There is a flip side to every coin. Every quality or characteristic you have, even ones that others in your family didn't like, even one's that you don't like, can be seen as positive. Let's look at Bonnie again. It was easy for her to view being active as a good thing: being athletic is already a plus in our society. She started viewing her sense of humor as an advantage. The ability to put others at ease, to break through tension by saying something funny can be a real asset. Humor is also a way to view life less seriously.

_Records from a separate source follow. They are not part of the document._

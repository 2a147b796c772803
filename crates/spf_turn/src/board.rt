//! The table under a turn.

use crate::rule::TurnRule;
use crate::view::View;
use atomic_table::{Seat, Shared, Table, TableRule};
use std::alloc::Global;
use std::marker::PhantomData;
use std::snapshot::Snapshot;

/// The word that has the number of the pass which holds the turn.
pub const TURN: usize = 0;

/// The word that counts the entries.
pub const COUNT: usize = 1;

/// The slot of the value.
pub const SLOT: usize = 0;

/// No pass holds the turn.
pub const FREE: u64 = 0;

/// What a turn is made of: its first value, and how many passes.
#[derive(Drop)]
pub struct About<T> {
    pub first: Snapshot<T>,
    pub passes: u32,
}

/// The rule of the table.
pub struct BoardRule<R> {
    rule: PhantomData<R>,
}

impl<T, R: TurnRule<T>> TableRule<Option<T>, View<R::Key, R::Entry>, About<T>> for BoardRule<R> {
    ghost use Rattle.spf_turn.specs.Rule.{IsKept};
    ghost use Rattle.spf_turn.specs.Steps.{first_view};

    ghost holds = { λ about. IsKept R.key R.tale R.who about };

    ghost first = { λ about. first_view (R.key about.first.value) about.passes };
}

pub type Board<T, R> = Table<
    Option<T>,
    View<<R as TurnRule<T>>::Key, <R as TurnRule<T>>::Entry>,
    About<T>,
    BoardRule<R>,
    Global,
>;

pub type Place<T, R> = Seat<Option<T>, View<<R as TurnRule<T>>::Key, <R as TurnRule<T>>::Entry>>;

/// The board as all passes share it.
pub type SharedBoard<T, R> = Shared<
    Option<T>,
    View<<R as TurnRule<T>>::Key, <R as TurnRule<T>>::Entry>,
    About<T>,
    BoardRule<R>,
>;
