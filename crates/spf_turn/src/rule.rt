//! What the value of a turn means.

ghost use Rattle.std.specs.Prelude.{ℕ, List};

/// The meanings of a turn's value: its key, which says what it belongs to, and its tale, a list of entries. An entry is of the
/// pass whose number it has.
pub trait TurnRule<T> {
    type Key;

    type Entry;

    ghost key: { T → Self.Key };

    ghost tale: { T → List Self.Entry };

    ghost who: { Self.Entry → ℕ };
}
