//! What a pass knows, for the rule of the table.

use std::collections::LinkedList;

/// A pass that was joined to another one.
pub struct Joined<E> {
    pub number: u64,
    pub own: LinkedList<E>,
}

/// What a pass knows. No value of it is made.
pub struct View<K, E> {
    /// From 1 on, and 0 once the pass was joined to another one.
    pub number: u64,
    pub key: Option<K>,
    /// For how many passes the turn is made.
    pub passes: u64,
    /// The first pass counts here how many were made.
    pub made: u64,
    pub seen: LinkedList<E>,
    pub own: LinkedList<E>,
    pub tries: LinkedList<u64>,
    pub holds: bool,
    pub joined: LinkedList<Joined<E>>,
    /// What it, and the passes that were joined to it, had seen before they were joined.
    pub had_seen: LinkedList<LinkedList<E>>,
}
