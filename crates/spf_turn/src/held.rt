//! What a try for the turn gives.

use crate::rule::TurnRule;
use std::marker::PhantomData;

/// The value of a turn, while a pass holds it.
pub struct Held<T, R: TurnRule<T>> {
    pub value: T,
    pub(crate) rule: PhantomData<R>,
}

/// The answer of a try that found another pass, by its number.
#[derive(Drop)]
pub struct Busy {
    pub holder: u32,
}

Bonnie had trouble finding anything positive in being outspoken. (It is often the outspoken member of the family that clashes the most with the critical parent, because she may speak about those things that the family ignores, hoping it will go away. "Don't rock the boat!" is a common family motto.) When we started to discuss people throughout history who were outspoken, for example Rosa Parks, she began to see that outspoken people have a strong sense of justice and can make changes in the world by saying "I don't like this. I think this is wrong." I asked her to think of what would happen if there were no outspoken people in the world. When she could link her outspoken nature with her power to make changes then she could appreciate this quality too.
Getting back to what I said in the beginning of this article, the person you were meant to be was born whole, lovable and likeable, perfect just as she was. When we can shed others' opinions about these qualities, then we can decide for ourselves that we are "good enough".